12 septembre 1786… Après le triomphe des célébrissimes Noces de Figaro, Mozart est un peu las, passant son été à composer pour le piano, sans se forcer, histoire de gagner un peu d’argent. La preuve avec ces douze variations dont nous fêtons la création aujourd’hui, variations certes sans prétention, mais non sans charme.

En cette fin d’été 1786, Mozart ne tient pas la grande forme. Ce n’est certes pas la première fois, mais l’année avait pourtant été prometteuse, notamment avec le triomphe éphémère et à éclipses des Noces de Figaro.

Peu avant l’été, il échafaude un projet destiné à lui redonner un coup de fouet : partir en tournée, avec ses amis anglais, dont la si belle Nelly Storace, la créatrice de Susanna, et dont les relations avec Mozart semblent bien aller au-delà de la simple confraternité… Partir en tournée et aller avec elle, son frère et deux autres amis en Angleterre, en passant par exemple par l’Italie (ce n’est pas le chemin le plus court, mais qu’importe) ou l’Allemagne.

Cependant, le projet n’aboutit pas : comment laisser Constance, sa femme, seule avec deux enfants très jeunes à Vienne, sans un radis ? Tout ceci tourne sans doute beaucoup dans sa tête lasse.

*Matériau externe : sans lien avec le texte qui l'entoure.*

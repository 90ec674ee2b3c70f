//! Taking a snapshot.
ghost use Rattle.std.specs.Prelude.{◌≡◌, ◌≤◌, [], length, map, vec_capacity, IfOk, IfErr};
ghost use Rattle.snapshot_view.specs.Tickets.{OthersAgree};
ghost use Rattle.snapshot_view.specs.Taking.{MayTake, IsTaken};
ghost use Rattle.snapshot_view.specs.Refused.{IsRefused};

use crate::kept::Kept;
use crate::looks::{look_all, names_of};
use crate::release::end_passes;
use crate::snapshot::Snapshot;
use crate::snapshot_fault::{SnapFault, SnapRefused};
use dir_tickets::Ticket;
use std::alloc::{AllocError, Global};
use store_map::{Name, Point};
use stripe_dir::Directory;
use version_seal::Opening;

// What a snapshot of so many objects takes memory for, before its first look.
#[derive(Drop)]
struct Room {
    names: Vec<Name>,
    objects: Vec<Kept>,
    points: Vec<Point>,
}

impl Room {
    fn new(alloc: Global, directory: &Directory, count: usize) -> Result<Room, AllocError>
        ensures names { IfOk result (λ room. room.names.items ≡ map (λ object. object.name) directory.now.core.objects) }
        ensures objects { IfOk result (λ room. (room.objects.items ≡ []) × (count ≤ vec_capacity room.objects)) }
        ensures points { IfOk result (λ room. (room.points.items ≡ []) × (count ≤ vec_capacity room.points)) }
    {
        Ok(Room {
            names: names_of(alloc, directory)?,
            objects: Vec::with_capacity(alloc, count)?,
            points: Vec::with_capacity(alloc, count)?,
        })
    }
}

impl Snapshot {
    /// Looks at all objects in order, each by a get with the next of the tickets under this number, on
    /// a directory that is lent meanwhile, so in one step for all others. Takes the memory for the
    /// release. Where memory is wanting the passes that began are ended; their points stay and have no
    /// reply.
    pub fn take(
        alloc: Global,
        directory: &mut Directory,
        tickets: Vec<Ticket>,
        number: u32,
        opening: Opening,
    ) -> Result<Snapshot, SnapRefused>
        requires may { MayTake directory.old.core number tickets.items }
        requires book { opening ≡ directory.old.book }
        ensures taken { IfOk result (IsTaken number tickets.items directory.old directory.new) }
        ensures refused { IfErr result (IsRefused number tickets.items directory.old directory.new) }
        ensures others { OthersAgree tickets.items directory.old.core directory.new.core }
        ensures book { directory.new.book ≡ directory.old.book }
        ensures stamps { directory.new.stamps ≡ directory.old.stamps }
    {
        let count = directory.objects();
        if tickets.len() < count {
            let objects = count as u64;
            return Err(SnapRefused {
                tickets,
                why: SnapFault::TooMany { objects },
            });
        }
        let Ok(room) = Room::new(alloc, directory, count) else {
            return Err(out_of_memory(tickets));
        };
        take_with(alloc, directory, tickets, number, opening, room)
    }
}

// With the memory for as many looks and ends as there are objects.
fn take_with(
    alloc: Global,
    directory: &mut Directory,
    tickets: Vec<Ticket>,
    number: u32,
    opening: Opening,
    room: Room,
) -> Result<Snapshot, SnapRefused>
    requires may { MayTake directory.old.core number tickets.items }
    requires book { opening ≡ directory.old.book }
    requires enough { length directory.old.core.objects ≤ length tickets.items }
    requires names { room.names.items ≡ map (λ object. object.name) directory.old.core.objects }
    requires objects { (room.objects.items ≡ []) × (length directory.old.core.objects ≤ vec_capacity room.objects) }
    requires points { (room.points.items ≡ []) × (length directory.old.core.objects ≤ vec_capacity room.points) }
    ensures taken { IfOk result (IsTaken number tickets.items directory.old directory.new) }
    ensures refused { IfErr result (IsRefused number tickets.items directory.old directory.new) }
    ensures others { OthersAgree tickets.items directory.old.core directory.new.core }
    ensures book { directory.new.book ≡ directory.old.book }
    ensures stamps { directory.new.stamps ≡ directory.old.stamps }
{
    directory.keeps();
    let Room {
        names,
        mut objects,
        mut points,
    } = room;
    let mut tickets = tickets;
    if look_all(directory, &mut tickets, number, &names, &mut objects).is_err() {
        end_passes(directory, &mut tickets, objects.len(), number, &mut points);
        return Err(out_of_memory(tickets));
    }
    Ok(Snapshot {
        alloc,
        opening,
        number,
        objects,
        tickets,
        points,
    })
}

fn out_of_memory(tickets: Vec<Ticket>) -> SnapRefused
    ensures tickets { result.tickets ≡ tickets }
    ensures why { result.why ≡ SnapFault.OutOfMemory }
{
    SnapRefused {
        tickets,
        why: SnapFault::OutOfMemory,
    }
}
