//! The stripes of an object that meet a range of its bytes, and copies of them.
ghost use Rattle.std.specs.Prelude.{◌≡◌, ◌-◌, ◌<◌, map, IfOk};
ghost use Rattle.store_map.specs.Limits.{stripes_met};
ghost use Rattle.snapshot_view.specs.Met.{met_by, told_seen};

use call_steps::Seen;
use std::alloc::{AllocError, Global};

// How many stripes meet the bytes from `start` up to `end`.
fn count_met(stripe_len: u64, start: u64, end: u64) -> u64
    requires { 0 < stripe_len }
    ensures { result ≡ stripes_met stripe_len start (end - start) }
{
    if end <= start {
        return 0;
    }
    (end - 1) / stripe_len - start / stripe_len + 1
}

// The stripes that meet them, by the length of a stripe.
pub(crate) fn those_met(stripes: &[Seen], stripe_len: u64, start: u64, end: u64) -> &[Seen]
    requires { 0 < stripe_len }
    ensures { result.now ≡ met_by stripe_len start end stripes.now }
{
    let first = (start / stripe_len).min(stripes.len() as u64);
    let rest = &stripes[first as usize..];
    let count = count_met(stripe_len, start, end).min(rest.len() as u64);
    &rest[..count as usize]
}

fn copy_of(alloc: Global, seen: &Seen) -> Result<Seen, AllocError>
    ensures { IfOk result (λ copy. told_seen copy ≡ told_seen seen.now) }
{
    Ok(Seen {
        stripe: seen.stripe,
        stamp: seen.stamp.copy(),
        placed: Vec::from_slice(alloc, &seen.placed)?,
    })
}

// The same stripes in memory of their own.
pub(crate) fn copies_of(alloc: Global, stripes: &[Seen]) -> Result<Vec<Seen>, AllocError>
    ensures { IfOk result (λ copies. map told_seen copies.items ≡ map told_seen stripes.now) }
{
    let mut copies = Vec::with_capacity(alloc, stripes.len())?;
    for seen in stripes {
        copies.push(copy_of(alloc, seen)?)?;
    }
    Ok(copies)
}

Assez pour nuire à sa production : durant l’été, il ne compose que pour le piano et il ne se force pas beaucoup. Il le fait pour ses élèves ou pour capter un peu d’argent auprès de son ami Franz Anton Hoffmeister. C’est notamment le cas de ces douze variations, qui sont comptabilisées au numéro 500 dans le fameux catalogue Köchel et qu’il date du 12 septembre 1786.

Il faudra attendre novembre et l’échec définitif de son projet de voyage pour le voir rebondir (un peu). Bon, ceci dit, du Mozart las, ça reste du Mozart ! Et cette série de variations sur un allegretto sans prétention a quand même son petit charme suranné. L’automne suivant sera pour la production mozartienne une sorte de renaissance… mais c’est une autre histoire.